• **AIM OF THE EXERCISE**
For this exercise, reproduce the entries below exactly, but only from the line containing "mod matrices;" through the line containing "is an error.)", both included.

• **Collected data entries**

__________

// Compile, CompileList and Judge, Collapse and Spread, the costs of confidences.
use super::line::Line;
use super::show;
use std::io;

// Makes a call that fills `form`, prints its answer and returns the form's length.
fn compiled<F: Fn(&mut [u32], &mut [u32; 1]) -> u32>(
    rt: &impl Print,
    form: &mut [u32],
    call: &F,
) -> io::Result<usize>
    requires { F.IsAlwaysCallable call.now }
{
    let mut counts = [0; 1];
    let refused = call(form, &mut counts);
    show::filled(rt, refused, counts[0])?;
    Ok(counts[0] as usize)
}

// With memory for ten words, then with all; returns the form's length.
fn compiled_twice<F: Fn(&mut [u32], &mut [u32; 1]) -> u32>(
    rt: &impl Print,
    form: &mut [u32],
    call: &F,
) -> io::Result<usize>
    requires { F.IsAlwaysCallable call.now }
{
    let mut small = [9; 10];
    compiled(rt, &mut small, call)?;
    show::memory(rt, &small)?;
    print!(rt; " |")?;
    let words = compiled(rt, form, call)?;
    println!(rt)?;
    Ok(words)
}

pub fn compile(rt: &impl Print, line: Line, form: &mut [u32]) -> io::Result<usize> {
    let alphabet = line.field(1);
    let text = line.field(2);
    show::field(rt, text)?;
    compiled_twice(
        rt,
        form,
        &|form: &mut [u32], counts: &mut [u32; 1]| {
            kavurehy::kavurehy_compile(alphabet, text, form, counts)
        },
    )
}

pub fn compile_list(rt: &impl Print, line: Line, form: &mut [u32]) -> io::Result<usize> {
    let alphabet = line.field(2);
    let mut bytes = [0; 256];
    let list = line.labels(3, &mut bytes);
    show::field(rt, line.field(1))?;
    print!(rt; ":")?;
    compiled_twice(
        rt,
        form,
        &|form: &mut [u32], counts: &mut [u32; 1]| {
            kavurehy::kavurehy_compile_list(alphabet, list, form, counts)
        },
    )
}

pub fn judge(rt: &impl Print, line: Line, form: &[u32]) -> io::Result<()> {
    let mut word = [0; 256];
    let mut accepted = [0; 1];
    let refused = kavurehy::kavurehy_judge(form, line.labels(2, &mut word), &mut accepted);
    show::field(rt, line.field(1))?;
    print!(rt; ":")?;
    show::judged(rt, refused, accepted[0])
}

// Collapse or Spread, by its name.
pub fn labels<F: Fn(usize, &[u8], &mut [u8], &mut [u32; 1]) -> u32>(
    rt: &impl Print,
    name: &str,
    line: Line,
    call: F,
) -> io::Result<()>
    requires { F.IsAlwaysCallable call }
{
    let mut given = [0; 256];
    let given = line.labels(2, &mut given);
    let mut memory = [9; 512];
    let memory = &mut memory[..line.room(3, 512)];
    let mut counts = [0; 1];
    let refused = call(line.size(1), given, memory, &mut counts);
    print!(rt; "{name}")?;
    show::numbers(rt, given)?;
    print!(rt; ":")?;
    show::filled(rt, refused, counts[0])?;
    show::memory(rt, memory)
}

// The costs of confidences, one for each; the call returns 0 or a refusal's number.
pub fn costs(rt: &impl Print, line: Line) -> io::Result<()> {
    let mut given = [0; 256];
    let given = line.labels(1, &mut given);
    let mut memory = [9; 256];
    let memory = &mut memory[..line.room(2, 256)];
    let refused = kavurehy::kavurehy_costs(given, memory);
    print!(rt; "costs")?;
    show::numbers(rt, given)?;
    print!(rt; ": {refused}")?;
    show::memory(rt, memory)
}
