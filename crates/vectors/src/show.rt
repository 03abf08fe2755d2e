// Prints answers and lists. What is written is compared with the stored output; no contract can speak of it.
ghost use Rattle.std.specs.Prelude.{◌≡◌, nat_abs};

use std::fmt::Display;
use std::io;
use std::io::Write;

// A field as it stands in the line.
pub fn field(rt: &impl Print, field: &[u8]) -> io::Result<()> {
    io::writer(rt).write_all(field)
}

// Numbers, each after a space.
pub fn numbers<T: Display>(rt: &impl Print, list: &[T]) -> io::Result<()> {
    for x in list {
        print!(rt; " {x}")?;
    }
    Ok(())
}

// A bar and a part of memory.
pub fn memory<T: Display>(rt: &impl Print, list: &[T]) -> io::Result<()> {
    print!(rt; " |")?;
    numbers(rt, list)
}

// The answer of a call that fills one list.
pub fn filled(rt: &impl Print, refused: u32, length: u32) -> io::Result<()> {
    match refused {
        0 => print!(rt; " filled {length}"),
        r => print!(rt; " refused {r}"),
    }
}

// The answer of Judge.
pub fn judged(rt: &impl Print, refused: u32, accepted: u32) -> io::Result<()> {
    match (refused, accepted) {
        (0, 1) => print!(rt; " accepted"),
        (0, _) => print!(rt; " rejected"),
        (r, _) => print!(rt; " refused {r}"),
    }
}

// The answer of Decode and Read.
pub fn path(rt: &impl Print, refused: u32, price: u32, length: u32) -> io::Result<()> {
    match refused {
        0 => print!(rt; " price {price} length {length}"),
        r => print!(rt; " refused {r}"),
    }
}

// What Read answers besides: the form's length.
pub fn form(rt: &impl Print, refused: u32, length: u32) -> io::Result<()> {
    match refused {
        0 => print!(rt; " form {length}"),
        _ => Ok(()),
    }
}

// A number without its sign, in a function so that a clause says what is printed.
fn magnitude(d: i32) -> u32
    ensures { result ≡ nat_abs d }
{
    d.unsigned_abs()
}

// The answer of Compare: the difference also at a refusal.
pub fn difference(rt: &impl Print, refused: u32, d: i32) -> io::Result<()> {
    if refused != 0 {
        print!(rt; " refused {refused}")?;
    }
    let sign = if d < 0 { " minus" } else { "" };
    print!(rt; " difference{sign} {}", magnitude(d))
}
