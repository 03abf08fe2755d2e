// Decode's and Read's answers handed back: 0 or the number of the refusal, and the price and lengths in an array, zeros at a refusal.
#![tactic(auto)]

ghost use Rattle.std.specs.Prelude.{◌≡◌, ◌<◌, ◌^◌, [], ◌∷◌};
ghost use Rattle.answers.specs.Decoded.{reported as decoded};
ghost use Rattle.answers.specs.Reading.{reported as read};
ghost use Rattle.export_counts.specs.Handed.{price_and_length, price_and_lengths, Hands};

use answers::{Decoded, Reading};
use export_counts::hand;
use refusal::Refusal;

// The counts of Decode's answer.
fn decoded_counts(path: Decoded) -> [u32; 2]
    requires { path.length < 2 ^ 32 }
    ensures { result ≡ path.price ∷ path.length ∷ [] }
{
    [path.price, path.length as u32]
}

// The counts of Read's answer.
fn reading_counts(path: Reading) -> [u32; 3]
    requires { (path.length < 2 ^ 32) × (path.form < 2 ^ 32) }
    ensures { result ≡ path.price ∷ path.length ∷ path.form ∷ [] }
{
    [path.price, path.length as u32, path.form as u32]
}

// Hands back Decode's price and the length of its word.
pub fn hand_decoded(answer: Result<Decoded, Refusal>, counts: &mut [u32; 2]) -> u32
    requires { (decoded answer).filled < 2 ^ 32 }
    ensures { Hands price_and_length (decoded answer) counts.new result }
{
    hand(answer.map(decoded_counts), [0; 2], counts)
}

// Hands back Read's price, the length of its word and that of the form.
pub fn hand_reading(answer: Result<Reading, Refusal>, counts: &mut [u32; 3]) -> u32
    requires { ((read answer).filled < 2 ^ 32) × ((read answer).form < 2 ^ 32) }
    ensures { Hands price_and_lengths (read answer) counts.new result }
{
    hand(answer.map(reading_counts), [0; 3], counts)
}
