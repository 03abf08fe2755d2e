// Runs the exported calls on the lines of standard input: document 01's examples, edges, damaged forms, each refusal. A line has a
// letter that says what to do, and fields, each after a tab; lists are numbers with a space between, and `-` is the cost of a barred label.
// Path, word, work and cost memory, and the ten words of E and L, are filled with 9 before a call and printed after it.
//
//   C K PATH ROOM           Collapse                       S K WORD ROOM   Spread
//   P CONFIDENCES ROOM      the costs of confidences
//   E ALPHABET TEXT         Compile, with memory for ten words and then for every form; the lines after it use that form
//   L NAME ALPHABET BYTES   CompileList of the list with these bytes, in the same way
//   F WORDS                 the lines after it use these words, in hexadecimal, as the form
//   N COUNT                 the form ends after COUNT words
//   J NAME WORD             Judge
//   D NAME COSTS WIDTH COLUMNS PATH-ROOM WORD-ROOM WORK-ROOM LAST            Decode; the LAST work words are printed
//   R TEXT COSTS WIDTH COLUMNS PATH-ROOM WORD-ROOM WORK-ROOM LAST ALPHABET   Read
//   X NAME COSTS WIDTH COLUMNS WORK-ROOM LAST WORDS                          Compare with the form of these words, and the other way round
#![tactic(auto)]

ghost use Rattle.vectors_fields.specs.Fields.{Counts};

mod calls;
mod line;
mod matrices;
mod show;

use line::Line;
use std::io;
use std::io::Read;

// The form that the lines use: the first `length` words of the memory, or all.
#[derive(Drop)]
struct Form {
    memory: [u32; 16258],
    length: usize,
}

impl Form {
    fn words(&self) -> &[u32] {
        &self.memory[..self.length.min(16258)]
    }
}

// Makes the call of a line with this form; a line of another kind calls nothing.
// (No enum of the letters: each letter is matched once, here or in `run`.)
fn call(rt: &impl Print, line: Line, form: &[u32]) -> io::Result<()> {
    match line.kind() {
        b'C' => calls::labels(rt, "collapse", line, kavurehy::kavurehy_collapse)?,
        b'S' => calls::labels(rt, "spread", line, kavurehy::kavurehy_spread)?,
        b'P' => calls::costs(rt, line)?,
        b'J' => calls::judge(rt, line, form)?,
        b'D' => matrices::decode(rt, line, form)?,
        b'R' => matrices::read(rt, line)?,
        b'X' => matrices::compare(rt, line, form)?,
        _ => {}
    }
    println!(rt)
}

// Does what the line says.
fn run(rt: &impl Print, line: Line, form: &mut Form) -> io::Result<()> {
    match line.kind() {
        b'E' => form.length = calls::compile(rt, line, &mut form.memory)?,
        b'L' => form.length = calls::compile_list(rt, line, &mut form.memory)?,
        b'F' => form.length = line.words(1, &mut form.memory).len(),
        b'N' => form.length = line.size(1),
        _ => call(rt, line, form.words())?,
    }
    Ok(())
}

fn run_all(rt: &impl Print, input: &[u8]) -> io::Result<()> {
    let mut form = Form {
        memory: [9; 16258],
        length: 0,
    };
    for piece in input.split_inclusive(|b| *b == b'\n') {
        let bytes = piece.strip_suffix(b"\n").unwrap_or(piece);
        run(rt, Line { bytes }, &mut form)?;
    }
    Ok(())
}

// Reads until the buffer is full, the input ends or a read fails, and returns how many bytes came.
// (Not `read_input` of `sheet`, to which a failed read is an error.)
fn read_full<R: Read>(stdin: &mut R, buffer: &mut [u8]) -> usize
    ensures { Counts result buffer.new }
{
    let mut done = 0;
    while let Ok(got @ 1..) = stdin.read(&mut buffer[done..]) {
        done += got;
    }
    done
}

fn main(rt: HostRuntime) -> io::Result<()> {
    let mut input = [0u8; 65536];
    let n = read_full(&mut rt.stdin(), &mut input);
    run_all(&rt, &input[..n])
}
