// A problem, row by row: a row is checked and taken into the sorted entries of its kind, or refused with nothing changed.
// Bounds are kept as keys, pairs as first * 512 + second, variables in the order given.
#![tactic(auto)]

ghost use Rattle.std.specs.Prelude.{◌≡◌, ◌≤◌, ◌<◌, length, take};
ghost use Rattle.sorted.specs.Sorted.{Sorted};
ghost use Rattle.ty.specs.Words.{Legal, type_of};
ghost use Rattle.keys.specs.Rank.{key};
ghost use Rattle.problemrows.specs.ProblemRows.{count_refusal, variable_refusal, variable_row, entry_row, pair_row, bound_row, Adds};

use keys::key_of;
use sorted::Put;
use ty::{TypeWord, is_legal};

// How many there may be. Reads and writes have one room together.
pub const COMPONENTS: u64 = 512;

pub const VARIABLES: usize = 2048;

pub const BOUNDS: usize = 4096;

pub const FLOWS: usize = 2048;

pub const UPPER_FLOWS: usize = 1024;

pub const ARRAYS: usize = 1024;

// What a row comes to: 0 or its refusal, and how many entries of its kind there are then.
#[derive(Clone, Copy)]
pub struct Added {
    pub refusal: u64,
    pub count: usize,
}

// The refusal of the count of components.
pub fn check_count(components: u64) -> u64
    ensures { result ≡ count_refusal components }
{
    if COMPONENTS < components {
        return 8;
    }
    0
}

// The refusal of a variable, n being there.
pub fn check_variable(components: u64, n: usize, component: u64) -> u64
    ensures { result ≡ variable_refusal components n component }
{
    if components <= component {
        return 6;
    }
    if VARIABLES <= n {
        return 8;
    }
    0
}

pub fn add_variable(components: u64, variables: &mut [u64], n: usize, component: u64) -> Added
    requires { (n ≤ length variables.old) × (2048 ≤ length variables.old) }
    ensures { Adds (variable_row components component (take n variables.old)) variables.old variables.new result }
{
    let refusal = check_variable(components, n, component);
    if refusal != 0 {
        return Added { refusal, count: n };
    }
    variables[n] = component;
    Added {
        refusal: 0,
        count: n + 1,
    }
}

// Puts x among the n entries, of which there may be `room`.
fn put_entry(entries: &mut [u64], n: usize, room: usize, x: u64) -> Added
    requires { (n ≤ room) × (room ≤ length entries.old) × Sorted (take n entries.old) }
    ensures { Adds (entry_row room x (take n entries.old)) entries.old entries.new result }
{
    let p = sorted::insert(&mut entries[0..room], n, x);
    match p {
        Put::Old => Added {
            refusal: 0,
            count: n,
        },
        Put::New => Added {
            refusal: 0,
            count: n + 1,
        },
        Put::Full => Added {
            refusal: 8,
            count: n,
        },
    }
}

// A pair of components: a flow, an upper flow, a read or a write.
pub fn add_pair(
    components: u64,
    pairs: &mut [u64],
    n: usize,
    room: usize,
    first: u64,
    second: u64,
) -> Added
    requires { (components ≤ 512) × (n ≤ room) × (room ≤ length pairs.old) × Sorted (take n pairs.old) }
    ensures { Adds (pair_row components room first second (take n pairs.old)) pairs.old pairs.new result }
{
    if components <= first {
        return Added {
            refusal: 6,
            count: n,
        };
    }
    if components <= second {
        return Added {
            refusal: 6,
            count: n,
        };
    }
    put_entry(pairs, n, room, first * COMPONENTS + second)
}

// The key of a bound, put.
fn put_bound(bounds: &mut [u64], n: usize, component: u64, kind: u64, word: u64) -> Added
    requires { (component < 512) × (kind < 8) × Legal word × (n ≤ 4096) × (4096 ≤ length bounds.old) × Sorted (take n bounds.old) }
    ensures { Adds (entry_row 4096 (key component kind (type_of word)) (take n bounds.old)) bounds.old bounds.new result }
{
    let x = key_of(component, kind, TypeWord { word });
    put_entry(bounds, n, BOUNDS, x)
}

// A bound: a type of one kind on a component.
pub fn add_bound(
    names: u64,
    components: u64,
    bounds: &mut [u64],
    n: usize,
    component: u64,
    kind: u64,
    word: u64,
) -> Added
    requires { (names ≤ 1024) × (components ≤ 512) × (n ≤ 4096) × (4096 ≤ length bounds.old) × Sorted (take n bounds.old) }
    ensures { Adds (bound_row names components component kind word (take n bounds.old)) bounds.old bounds.new result }
{
    if components <= component {
        return Added {
            refusal: 6,
            count: n,
        };
    }
    if 4 < kind {
        return Added {
            refusal: 6,
            count: n,
        };
    }
    if is_legal(word, names) {
        return put_bound(bounds, n, component, kind, word);
    }
    Added {
        refusal: 7,
        count: n,
    }
}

__________

• **EXERCISE SOLUTION**
mod matrices;
mod show;

use line::Line;
use std::io;
use std::io::Read;

// The form that the lines use: the first `length` words of the memory, or all.
#[derive(Drop)]
struct Form {
    memory: [u32; 16258],
    length: usize,
}

impl Form {
    fn words(&self) -> &[u32] {
        &self.memory[..self.length.min(16258)]
    }
}

// Makes the call of a line with this form; a line of another kind calls nothing.
// (No enum of the letters: each letter is matched once, here or in `run`.)
fn call(rt: &impl Print, line: Line, form: &[u32]) -> io::Result<()> {
    match line.kind() {
        b'C' => calls::labels(rt, "collapse", line, kavurehy::kavurehy_collapse)?,
        b'S' => calls::labels(rt, "spread", line, kavurehy::kavurehy_spread)?,
        b'P' => calls::costs(rt, line)?,
        b'J' => calls::judge(rt, line, form)?,
        b'D' => matrices::decode(rt, line, form)?,
        b'R' => matrices::read(rt, line)?,
        b'X' => matrices::compare(rt, line, form)?,
        _ => {}
    }
    println!(rt)
}

// Does what the line says.
fn run(rt: &impl Print, line: Line, form: &mut Form) -> io::Result<()> {
    match line.kind() {
        b'E' => form.length = calls::compile(rt, line, &mut form.memory)?,
        b'L' => form.length = calls::compile_list(rt, line, &mut form.memory)?,
        b'F' => form.length = line.words(1, &mut form.memory).len(),
        b'N' => form.length = line.size(1),
        _ => call(rt, line, form.words())?,
    }
    Ok(())
}

fn run_all(rt: &impl Print, input: &[u8]) -> io::Result<()> {
    let mut form = Form {
        memory: [9; 16258],
        length: 0,
    };
    for piece in input.split_inclusive(|b| *b == b'\n') {
        let bytes = piece.strip_suffix(b"\n").unwrap_or(piece);
        run(rt, Line { bytes }, &mut form)?;
    }
    Ok(())
}

// Reads until the buffer is full, the input ends or a read fails, and returns how many bytes came.
// (Not `read_input` of `sheet`, to which a failed read is an error.)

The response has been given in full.